In a large and dynamic composition by Shinique Smith, “Whirlwind Dancer,” the cleavage is physical. The painting seems at first to represent a single, unified object, some kind of vortex or whirlwind that has sucked up the material and detritus of a half-century of painting into a looping, billowing expression of pure energy. But this is actually two canvasses joined and as you study that seam you realize that lines or shapes cross the division only in a few places. This metaphor of an energy that is whole despite being spread across a gap or fissure is the essence of the work’s power.
A sculpture by Barbara Chase-Riboud, whose bronze and fabric steles are on view at the Michael Rosenfeld Gallery in New York this fall, is divided horizontally, with a fabric skirt seeming to bear the enormous weight of a bronze torso. The statue enacts a dialogue that many people feel internally, between a primal fear that everything could come crashing down, and an exhilarating sense that we are, somehow, managing to keep it suspended in the ether of nothingness.

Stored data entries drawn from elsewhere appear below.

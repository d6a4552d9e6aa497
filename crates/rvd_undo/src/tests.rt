use crate::{OutOfMemory, Undos};
use rvd_fact::{Cell, Change, Key, Kind, Source, Text, Value};
use rvd_program::Program;
use std::alloc::Global;
use std::marker::Model;
use std::test::Fail;

const AT: Key = Key {
    at: 0x10054,
    kind: Kind::Comment,
    sub: 0,
};

// A program with its records.
#[derive(Drop)]
struct Edited {
    program: Program,
    undos: Undos,
}

impl Model for Edited {
    ghost use Rattle.rvd_undo.specs.Records.{Contents, Stands};

    ghost Value = { Contents };

    ghost view = { λ e. e.undos };

    ghost invariant = { λ e. Stands e.program e.undos.records };
}

impl Edited {
    // An empty program, with nothing to undo.
    fn start(alloc: Global) -> Result<Edited, OutOfMemory> {
        let program = Program::empty(alloc)?;
        let undos = Undos::new(alloc)?;
        let _ = program.entries();
        Ok(Edited { program, undos })
    }

    // Applies changes and adds their record. False where they don't fit, and then all is as before.
    fn commit(&mut self, changes: Vec<Change>) -> Result<bool, OutOfMemory> {
        if !self.program.fits(&changes)? {
            return Ok(false);
        }
        self.undos.reserve()?;
        self.program.apply(&changes)?;
        self.undos.push(changes)?;
        Ok(true)
    }

    fn undo(&mut self) -> Result<bool, OutOfMemory> {
        self.undos.undo(&mut self.program)
    }

    fn redo(&mut self) -> Result<bool, OutOfMemory> {
        self.undos.redo(&mut self.program)
    }

    // How many transactions can be undone and redone.
    fn counts(&self) -> (u32, u32) {
        (self.undos.depth(), self.undos.height())
    }

    // What stands at AT.
    fn seen(&self) -> &'static str {
        match self.program.cell(AT) {
            None => "nothing",
            Some(cell) => match cell.value {
                Value::Gone => "gone",
                Value::Comment(_) => "a comment",
                _ => "else",
            },
        }
    }
}

// A comment of the imported file.
fn comment(alloc: Global) -> Result<Cell, OutOfMemory> {
    let text = Text::of(alloc, vec![in alloc; b'x']?)?;
    Ok(Cell {
        value: Value::Comment(text),
        source: Source::Imported,
    })
}

fn deleted() -> Cell {
    Cell {
        value: Value::Gone,
        source: Source::UserDefined,
    }
}

// The one change of the cell at AT.
fn change(
    alloc: Global,
    before: Option<Cell>,
    after: Option<Cell>,
) -> Result<Vec<Change>, OutOfMemory> {
    let change = Change {
        key: AT,
        before,
        after,
    };
    let mut list = Vec::with_capacity(alloc, 1)?;
    list.push(change)?;
    Ok(list)
}

fn crosses_threads<T: Send + Sync>() {}

#[test]
fn records_may_cross_threads() {
    crosses_threads::<Undos>();
}

#[test]
fn the_last_fifty_transactions_can_be_undone(rt: HostRuntime) -> Result<(), Fail> {
    let alloc = rt.alloc();
    let mut edited = Edited::start(alloc)?;
    for _ in 0..51 {
        assert!(rt; edited.commit(Vec::new(alloc))?);
    }
    assert_eq!(rt; edited.counts(), (50, 0));
    for _ in 0..50 {
        assert!(rt; edited.undo()?);
    }
    assert!(rt; !edited.undo()?);
    assert_eq!(rt; edited.counts(), (0, 50));
    assert!(rt; edited.commit(Vec::new(alloc))?);
    assert!(rt; !edited.redo()?);
    assert_eq!(rt; edited.counts(), (1, 0));
    Ok(())
}

#[test]
fn a_deleted_cell_comes_back_and_goes_again(rt: HostRuntime) -> Result<(), Fail> {
    let alloc = rt.alloc();
    let mut edited = Edited::start(alloc)?;
    let made = change(alloc, None, Some(comment(alloc)?))?;
    assert!(rt; edited.commit(made)?);
    let removed = change(alloc, Some(comment(alloc)?), Some(deleted()))?;
    assert!(rt; edited.commit(removed)?);
    assert_eq!(rt; edited.seen(), "gone");
    for (step, back, answer, cell) in [
        ("undo the deletion", true, true, "a comment"),
        ("undo the comment", true, true, "nothing"),
        ("undo nothing", true, false, "nothing"),
        ("redo the comment", false, true, "a comment"),
        ("redo the deletion", false, true, "gone"),
        ("redo nothing", false, false, "gone"),
    ] {
        let moved = if back { edited.undo()? } else { edited.redo()? };
        assert_eq!(rt; (moved, edited.seen()), (answer, cell), "{step}");
    }
    Ok(())
}
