//! The cases.
use crate::hex::decode;
use faults::Fault;
use sheet::entry::Entry;
use std::alloc::Global;

/// The form in which a sheet is told.
#[derive(Drop)]
pub enum Form {
    Packed(Vec<u8>),
    Records(Vec<Entry>),
}

/// A sheet to try, under its label.
#[derive(Drop)]
pub struct Case<'a> {
    pub label: &'a str,
    pub form: Form,
}

fn records(heap: Global, bytes: &[u8]) -> Result<Vec<Entry>, Fault> {
    let mut entries = Vec::new(heap);
    for record in bytes.chunks(6) {
        let [command, a, b, c, d, e] = *record else {
            return Err(Fault::Malformed);
        };
        entries.push(Entry::new(command, a, b, c, d, e))?;
    }
    Ok(entries)
}

impl Case<'_> {
    /// The case of a line, whose label it borrows: `FromStr` could not.
    pub fn parse<'a>(heap: Global, line: &'a str) -> Result<Case<'a>, Fault> {
        let (label, rest) = line.split_once(' ').ok_or(Fault::Malformed)?;
        let (word, digits) = rest.split_once(' ').ok_or(Fault::Malformed)?;
        if label.is_empty() {
            return Err(Fault::Malformed);
        }
        let bytes = decode(heap, digits)?;
        let form = match word {
            "packed" => Form::Packed(bytes),
            "records" => Form::Records(records(heap, bytes.as_slice())?),
            _ => return Err(Fault::Malformed),
        };
        Ok(Case { label, form })
    }
}
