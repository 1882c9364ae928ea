//! Bytes as upper-case hexadecimal digits, and `-` for no bytes.
ghost use Rattle.std.specs.Prelude.{◌≡◌, ℕ, ◌/◌, ◌%◌, ◌<◌, IfSome, IfOk, MatchOption, ◌≢◌};
ghost use Rattle.sheet_cases.specs.Digits.{digit, digits, spelled};

use faults::Fault;
use std::alloc::Global;
use std::fmt;

// What the digit stands for. The library's `to_digit` takes small letters too.
fn value(c: u8) -> Option<u8>
    ensures { MatchOption result ((v : ℕ) → v < 16 → digit v ≢ c) (λ v. (v < 16) × (digit v ≡ c)) }
{
    match c {
        b'0'..=b'9' => Some(c - b'0'),
        b'A'..=b'F' => Some(c - b'A' + 10),
        _ => None,
    }
}

// The byte of two digits.
fn byte(high: u8, low: u8) -> Option<u8>
    ensures { IfSome result (λ b. (digit (b / 16) ≡ high) × (digit (b % 16) ≡ low)) }
{
    Some(value(high)? * 16 + value(low)?)
}

// The bytes of digits, two for each.
fn bytes_of(heap: Global, text: &[u8]) -> Result<Vec<u8>, Fault>
    ensures { IfOk result (λ v. digits v.items ≡ text.now) }
{
    let mut bytes = Vec::new(heap);
    // Tried by `chunks`, which left a goal open.
    let mut rest = text;
    while let [high, low, after @ ..] = rest {
        bytes.push(byte(*high, *low).ok_or(Fault::Malformed)?)?;
        rest = after;
    }
    if !rest.is_empty() {
        return Err(Fault::Malformed);
    }
    Ok(bytes)
}

/// The bytes that the text stands for.
pub fn decode(heap: Global, text: &str) -> Result<Vec<u8>, Fault>
    ensures { IfOk result (λ v. spelled v.items ≡ text.now) }
{
    if text == "-" {
        return Ok(Vec::new(heap));
    }
    if text.is_empty() {
        return Err(Fault::Malformed);
    }
    bytes_of(heap, text.as_bytes())
}

/// Bytes that are printed in digits.
#[derive(Clone, Copy)]
pub struct Hex<'a>(pub &'a [u8]);

impl<'a> fmt::Display for Hex<'a> {
    fn fmt<W: fmt::Write>(&self, f: &mut fmt::Formatter<W>) -> fmt::Result {
        if self.0.is_empty() {
            return f.write_str("-");
        }
        for byte in self.0 {
            write!(f, "{byte:02X}")?;
        }
        Ok(())
    }
}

Jennie C. Jones is represented by work that uses acoustic panels to create classic, minimalist abstractions. But the acoustic panels bring with them intimations of silence, and a dichotomy not unlike that suggested by the work of Chase-Riboud: Are these about silence, which is the canvas on which music is written and a liberating spiritual force, or the act of being silenced, which is the first and fundamental strategy of power?
These dichotomies sprawl throughout the exhibition. In one particularly breathtaking work, an untitled 1972–73 painting by Howardena Pindell, the canvas is covered with small dots the same size as the little round scraps of paper left over when using a paper punch press. In another work she uses the actual circular paper scraps mixed into paint to create a strangely shaped autobiographical work referencing time she spent in Japan. But in the untitled acrylic painting, she has meticulously painted their two-dimensional trace, on a canvas that includes an illusionistic pattern of creases, as if the whole thing had been stuffed into a cupboard or left lying on the floor, untended, until imperfections took form. It is a complex work that starts the mind on a chain of questions — who made these dots, who punched the paper and for what purpose, and what was written on the pages of the paper that was punched? — that ultimately point to the idea of text or document that is being withheld from us.
This is the question with which power must be rigorously confronted: What is being withheld from us? This exhibition is one, practical, pragmatic answer to the question. But of course the question raises another: What do we withhold from ourselves?